How to view Random Forest statistics in Spark (sca

2019-03-04 12:57发布

问题:

I have a RandomForestClassifierModel in Spark. Using .toDebugString() outputs the following

Tree 0 (weight 1.0):
  If (feature 0 in {1.0,2.0,3.0})
   If (feature 3 in {2.0,3.0})
    If (feature 8 <= 55.3) 
.
.
  Else (feature 0 not in {1.0,2.0,3.0})
.
.
Tree 1 (weight 1.0):
.
.
...etc

I'd like to view the actual data as it goes through the model, something like

Tree 0 (weight 1.0):
  If (feature 0 in {1.0,2.0,3.0}) 60%
   If (feature 3 in {2.0,3.0}) 57%
    If (feature 8 <= 55.3) 22%
.
.
  Else (feature 0 not in {1.0,2.0,3.0}) 40%
.
.
Tree 1 (weight 1.0):
.
...etc

By seeing the probability of labels in each node, I can see which paths are most likely to be followed in the trees by the data (thousands of records), which would be really good insight!

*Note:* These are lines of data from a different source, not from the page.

//! The product of lists of coefficients under a twist, lowest first. It goes by rows: the right factor is
//! raised by one step of the twist for each place of the left one, so that lists of `m` and `n` members
//! cost at most `m n` products in the field, and `m` raised rows of `n` members.
ghost use Rattle.std.specs.Prelude.{◌≡◌, ℕ, ◌+◌, ◌<◌, ◌≤◌, IfOk, length, true};
ghost use Rattle.ring_core.specs.Ring.{IsElem};
ghost use Rattle.ring_core.specs.Coeffs.{coeff, are_elems, is_canonical, first_values};
ghost use Rattle.ring_core.specs.Twisted.{product_at, list_mul};
ghost use Rattle.ring_core.specs.Monomial.{constant};

use super::field::E;
use super::lists::{coeff_at, copy_list, scaled_values, trimmed};
use super::memory::NoMemory;
use super::rows::{add_scaled, zero_list};
use super::twisted::TwistedRing;
use std::alloc::Global;

/// Writes the coefficients of the product of `a` and `row` into `out`, which holds zeros, and uses up `row`.
fn add_rows<T: TwistedRing>(
    ring: &T,
    a: &[E<T::Over>],
    out: &mut [E<T::Over>],
    row: &mut [E<T::Over>],
)
    requires room { length a.now + length row.old ≤ length out.old }
    requires left { are_elems (T.Over.ops (T.over ring.now)) a.now ≡ true }
    requires right { are_elems (T.Over.ops (T.over ring.now)) row.old ≡ true }
    requires elems { are_elems (T.Over.ops (T.over ring.now)) out.old ≡ true }
    requires zeros { let r = T.Over.ops (T.over ring.now) in (k : ℕ) → coeff r out.old k ≡ r.zero }
    ensures elems { are_elems (T.Over.ops (T.over ring.now)) out.new ≡ true }
    ensures product { let r = T.Over.ops (T.over ring.now) in
        (k : ℕ) → k < length out.old → coeff r out.new k ≡ product_at r (T.twist ring.now) a.now row.old k }
{
    let field = ring.field();
    for i in 0..a.len() {
        let factor = coeff_at(field, a, i);
        add_scaled(field, out, i, factor, row);
        ring.raise(row);
    }
}

/// The coefficients of the product of `a` and `b` below the sum of the lengths.
fn product_values<T: TwistedRing>(
    alloc: Global,
    ring: &T,
    a: &[E<T::Over>],
    b: &[E<T::Over>],
) -> Result<Vec<E<T::Over>>, NoMemory>
    requires left { are_elems (T.Over.ops (T.over ring.now)) a.now ≡ true }
    requires right { are_elems (T.Over.ops (T.over ring.now)) b.now ≡ true }
    ensures value { IfOk result
        (λ v. v.items
        ≡ first_values (length a.now + length b.now) (product_at (T.Over.ops (T.over ring.now)) (T.twist ring.now) a.now b.now)) }
    ensures elems { IfOk result (λ v. are_elems (T.Over.ops (T.over ring.now)) v.items ≡ true) }
{
    let Some(len) = a.len().checked_add(b.len()) else {
        return Err(NoMemory);
    };
    let mut out = zero_list(alloc, ring.field(), len)?;
    let mut row = copy_list(alloc, b)?;
    add_rows(ring, a, &mut out, &mut row);
    Ok(out)
}

/// The product of `a` and `b`. A length past `usize` is want of memory.
pub fn product_list<T: TwistedRing>(
    alloc: Global,
    ring: &T,
    a: &[E<T::Over>],
    b: &[E<T::Over>],
) -> Result<Vec<E<T::Over>>, NoMemory>
    requires left { are_elems (T.Over.ops (T.over ring.now)) a.now ≡ true }
    requires right { are_elems (T.Over.ops (T.over ring.now)) b.now ≡ true }
    ensures value { IfOk result (λ v. v.items ≡ list_mul (T.Over.ops (T.over ring.now)) (T.twist ring.now) a.now b.now) }
    ensures elem { IfOk result (λ v. is_canonical (T.Over.ops (T.over ring.now)) v.items ≡ true) }
{
    Ok(trimmed(ring.field(), product_values(alloc, ring, a, b)?))
}

/// The product of the constant `c` and the list, which goes by places.
pub fn scaled_list<T: TwistedRing>(
    alloc: Global,
    ring: &T,
    c: E<T::Over>,
    list: &[E<T::Over>],
) -> Result<Vec<E<T::Over>>, NoMemory>
    requires factor { IsElem (T.Over.ops (T.over ring.now)) c }
    requires elems { are_elems (T.Over.ops (T.over ring.now)) list.now ≡ true }
    ensures value { IfOk result
        (λ v. let r = T.Over.ops (T.over ring.now) in v.items ≡ list_mul r (T.twist ring.now) (constant r c) list.now) }
    ensures elem { IfOk result (λ v. is_canonical (T.Over.ops (T.over ring.now)) v.items ≡ true) }
{
    let field = ring.field();
    Ok(trimmed(field, scaled_values(alloc, field, c, list)?))
}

I found an awesome answer here: Spark MLib Decision Trees: Probability of labels by features?

Unfortunately the method in the answer uses the MLlib API, and after lots of trying, I have failed to replicate it using the DataFrame API, which has different implementations of the classes Node and Split :(

回答1:

One way I found useful yesterday was I could use spark.read.parquet() function to read the output from the model/data file. This way all information about a certain node could be retrieved as a whole dataframe.

`val modelPath = "some/path/to/your/model"
val dataPath = modelPath + "/data"    
val nodeData: DataFrame = spark.read.parquet(dataPath)
nodeData.show(500,false)
nodeData.printSchema()`

Then you can rebuild the tree with information. Hope it helps.